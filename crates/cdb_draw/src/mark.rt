//! The marks of a picture.

ghost use Rattle.std.specs.Prelude.{◌≡◌, ◌≤◌, [], option_copied, string_bytes};
ghost use Rattle.cdb_draw.specs.EventMarks.{begun, below_place, below_text, carried_text, decided_text, deed_texts};
ghost use Rattle.cdb_draw.specs.EventMarks.{kind_texts, lane_of, mark_text, marked_text, note_text, rows, tick_text};
ghost use Rattle.cdb_draw.specs.EventMarks.{value_of};
ghost use Rattle.cdb_draw.specs.Layout.{IsGrid};
ghost use Rattle.cdb_explain.specs.Explanations.{whole_text};
ghost use Rattle.cdb_explain.specs.declared.line.Causes.TheVariants.{Shown};
ghost use Rattle.cdb_draw.specs.Pieces.{piece_text, pieces_text};
ghost use Rattle.cdb_base.specs.NameTexts.{message_text, register_text};
ghost use Rattle.cdb_message.specs.Mail.{payload_of};
ghost use Rattle.cdb_rules.specs.ByRules.{mail_in};
ghost use Rattle.cdb_text.specs.Pushes.{Pushes};
ghost use Rattle.cdb_text.specs.Reports.{value_text};

use crate::holds::push_written;
use crate::layout::{Grid, spot};
use crate::piece::Piece::{After, Between, Number, Text};
use crate::piece::{Piece, push_each};
use crate::weight::Weight;
use cdb_base::limits::MAX_ENTRIES;
use cdb_base::{Event, Kind, MsgName, Payload, Proc, Reg, Val};
use cdb_deeds::Deed;
use cdb_explain::{Causes, decision_by, push_whole};
use cdb_rules::Runs;
use std::alloc::{AllocError, Global};

/// The name of a message.
fn message(s: Proc, m: u16) -> Piece<'static>
    ensures { piece_text result ≡ message_text s m }
{
    Between(usize::from(s.number()), "#", usize::from(m))
}

/// The name of a register.
fn register(register: Reg) -> Piece<'static>
    ensures { piece_text result ≡ register_text register }
{
    match register {
        Reg::R(p) => After("r", usize::from(p.number())),
        Reg::Dec => Text("dec"),
    }
}

/// What a step of process `p` does, in a word, and with what.
fn kind_texts(p: Proc, kind: Kind) -> (&'static str, Piece<'static>)
    ensures word { result.0.now ≡ (kind_texts p kind).0 }
    ensures what { piece_text result.1 ≡ (kind_texts p kind).1 }
{
    match kind {
        Kind::Query(_) => ("query", Text("")),
        Kind::Send(m) => ("send", message(p, m)),
        Kind::Recv(s, m) => ("recv", message(s, m)),
        Kind::Read(it) => ("read", register(it)),
        Kind::Write(it) => ("write", register(it)),
        Kind::Local => ("local", Text("")),
        Kind::Learn => ("learn", Text("")),
        Kind::Crash => ("crash", Text("")),
    }
}

/// The shape of the mark of an event, and the three rows above it.
fn rows(event: &Event) -> (&'static str, Piece<'static>, Piece<'static>, Piece<'static>)
    ensures shape { result.0.now ≡ (rows event.now).0 }
    ensures first { piece_text result.1 ≡ (rows event.now).1 }
    ensures second { piece_text result.2 ≡ (rows event.now).2 }
    ensures third { piece_text result.3 ≡ (rows event.now).3 }
{
    match *event {
        Event::Step { p, k, kind } => {
            let (word, what) = kind_texts(p, kind);
            let name = Between(usize::from(p.number()), ".", usize::from(k));
            (word, name, Text(word), what)
        }
        Event::Lost(copy) => {
            let name = copy.msg;
            let to = After("to ", usize::from(copy.to.number()));
            ("lost", Text("lost"), message(name.s, name.m), to)
        }
    }
}

/// A value, or `none`.
pub(crate) fn value(value: Option<Val>) -> Piece<'static>
    ensures { piece_text result ≡ value_text value }
{
    match value {
        Some(value) => Number(value.number() as usize),
        None => Text("none"),
    }
}

/// The value that a message carries.
fn value_of(payload: &Payload) -> Option<Val>
    ensures { result ≡ value_of payload.now }
{
    match *payload {
        Payload::P1 { est, .. } | Payload::D { est } => Some(est),
        Payload::P2 { aux, .. } => aux,
    }
}

/// The value that a message of a run carries, where it was sent.
fn carried<T: Runs>(run: &T, name: MsgName) -> Piece<'static>
    ensures { piece_text result
        ≡ carried_text (payload_of (mail_in T.rules (T.run run.now)) name) }
{
    match run.payload(name) {
        Some(payload) => value(value_of(payload)),
        None => Text(""),
    }
}

/// What a step did, in a word, and with which value or round.
fn deed_texts(deed: &Deed) -> (&'static str, Piece<'static>)
    ensures word { result.0.now ≡ (deed_texts deed.now).0 }
    ensures number { piece_text result.1 ≡ (deed_texts deed.now).1 }
{
    match deed {
        Deed::Nothing | Deed::Round(_) => ("", Text("")),
        Deed::Votes { source, .. } => ("votes", value(Some(source.value))),
        Deed::VotesNone { .. } => ("votes", Text("none")),
        Deed::Settles { source, .. } => ("settles", value(Some(source.value))),
        Deed::Adopts { source, .. } => ("adopts", value(Some(source.value))),
        Deed::Keeps { value: kept, .. } => ("keeps", value(Some(*kept))),
        Deed::Learns(source) => ("learns", value(Some(source.value))),
        Deed::SettlesRegister { value: held, .. } => ("settles", value(Some(*held))),
        Deed::SettlesInput(input) => ("settles", value(Some(*input))),
        Deed::GivesUp { round, .. } => ("gives up", After("round ", *round as usize)),
        Deed::Carries(round) => ("carries", After("round ", *round as usize)),
    }
}

/// What stands in the first row below the mark of an event: the value that it decides, or else what its kind has there.
fn below<T: Runs>(run: &T, deed: &Deed, event: &Event, decided: Option<Val>) -> Piece<'static>
    ensures { piece_text result
        ≡ below_text decided (mail_in T.rules (T.run run.now)) deed.now event.now }
{
    if let Some(value) = decided {
        return Number(value.number() as usize);
    }
    match *event {
        Event::Step { p, kind, .. } => match kind {
            Kind::Query(leader) => After("leader ", usize::from(leader.number())),
            Kind::Send(m) => carried(run, MsgName { s: p, m }),
            Kind::Recv(s, m) => carried(run, MsgName { s, m }),
            Kind::Local | Kind::Learn => Text(deed_texts(deed).0),
            _ => Text(""),
        },
        Event::Lost(_) => Text(""),
    }
}

/// The ring of a decision with its word, and how what stands below the mark looks, and where: a decision beside the
/// arrow of a read or a write.
fn ring(event: &Event, decided: &Option<Val>) -> (&'static str, &'static str)
    ensures ring { result.0.now ≡ decided_text decided.now }
    ensures place { result.1.now ≡ below_place decided.now event.now }
{
    let ring = "<use href='#decided'/><text class='decision' y='-48'>decides</text>";
    match (decided, *event) {
        (None, _) => ("", "class='value' y='22'"),
        (
            Some(_),
            Event::Step {
                kind: Kind::Read(_) | Kind::Write(_),
                ..
            },
        ) => (ring, "class='beside' x='3' y='33'"),
        (Some(_), _) => (ring, "class='decision' y='22'"),
    }
}

/// The round that an event which did that begins.
fn begun(deed: &Deed) -> Option<u32>
    ensures { result ≡ begun deed.now }
{
    match *deed {
        Deed::Round(round) => Some(round),
        _ => None,
    }
}

/// The tick of a round that begins, and what stands in the second row below the mark: the round, or the value of what
/// a step by itself did.
fn tick(round: Option<u32>, deed: &Deed, event: &Event) -> (&'static str, Piece<'static>)
    ensures tick { result.0.now ≡ tick_text round }
    ensures note { piece_text result.1 ≡ note_text round deed.now event.now }
{
    match (round, *event) {
        (Some(round), _) => ("<path d='M-15,-5v10'/>", After("round ", round as usize)),
        (
            None,
            Event::Step {
                kind: Kind::Local | Kind::Learn,
                ..
            },
        ) => ("", deed_texts(deed).1),
        (None, _) => ("", Text("")),
    }
}

/// The process on whose lane an event stands.
fn lane_of(event: &Event) -> Proc
    ensures { result ≡ lane_of event.now }
{
    match *event {
        Event::Step { p, .. } => p,
        Event::Lost(copy) => copy.to,
    }
}

/// The mark of the last event of a run, which stands at a position, from 1, and did that.
#[tactic(auto, unfolding(crate::specs::EventMarks::marked_text))]
fn mark<'a, T: Runs>(
    grid: Grid,
    deed: &Deed,
    run: &T,
    weight: Weight,
    position: usize,
    event: &Event,
    whole: &'a str,
) -> [Piece<'a>; 24]
    requires grid { IsGrid grid }
    requires position { position ≤ MAX_ENTRIES }
    ensures { pieces_text result
        ≡ marked_text T.rules grid deed.now (T.run run.now) weight position event.now
        whole.entry.now }
{
    let decided = decision_by(run, event);
    let (ring, place) = ring(event, &decided);
    let below = below(run, deed, event, decided);
    let (tick, note) = tick(begun(deed), deed, event);
    let (shape, first, second, third) = rows(event);
    let at = spot(grid, position, lane_of(event));
    [
        Text("<g class='"),
        Text(weight.class()),
        Text("' transform='translate("),
        Between(at.x, ",", at.y),
        Text(")'><title>"),
        Text(whole),
        Text("</title>"),
        Text(ring),
        Text(tick),
        Text("<use href='#"),
        Text(shape),
        Text("'/><text y='-37'>"),
        first,
        Text("</text><text y='-26'>"),
        second,
        Text("</text><text y='-15'>"),
        third,
        Text("</text><text "),
        Text(place),
        Text(">"),
        below,
        Text("</text><text class='note' y='33'>"),
        note,
        Text("</text></g>\n"),
    ]
}

/// Adds the mark of the last event of a run, which stands at a position, from 1, and what the event left in a register.
/// Its whole text is made in `whole`.
pub(crate) fn push_mark<T: Runs>(
    alloc: Global,
    text: &mut String,
    grid: Grid,
    deed: &Deed,
    run: &T,
    weight: Weight,
    position: usize,
    event: &Event,
    whole: &mut String,
) -> Result<(), AllocError>
    requires grid { IsGrid grid }
    requires position { position ≤ MAX_ENTRIES }
    ensures { Pushes result text.old text.new
        (mark_text T.rules grid (T.run run.now) deed.now (T.run run.now) weight position event.now) }
{
    whole.clear();
    push_whole(alloc, whole, Causes::Shown, deed, run, event)?;
    push_each(
        text,
        &mark(grid, deed, run, weight, position, event, whole.as_str()),
    )?;
    push_written(text, grid, run, weight, position, event)
}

**Directions**
Pull out each line of the entries that contains "last".

**Response to the exercise**
/// The mark of the last event of a run, which stands at a position, from 1, and did that.
/// Adds the mark of the last event of a run, which stands at a position, from 1, and what the event left in a register.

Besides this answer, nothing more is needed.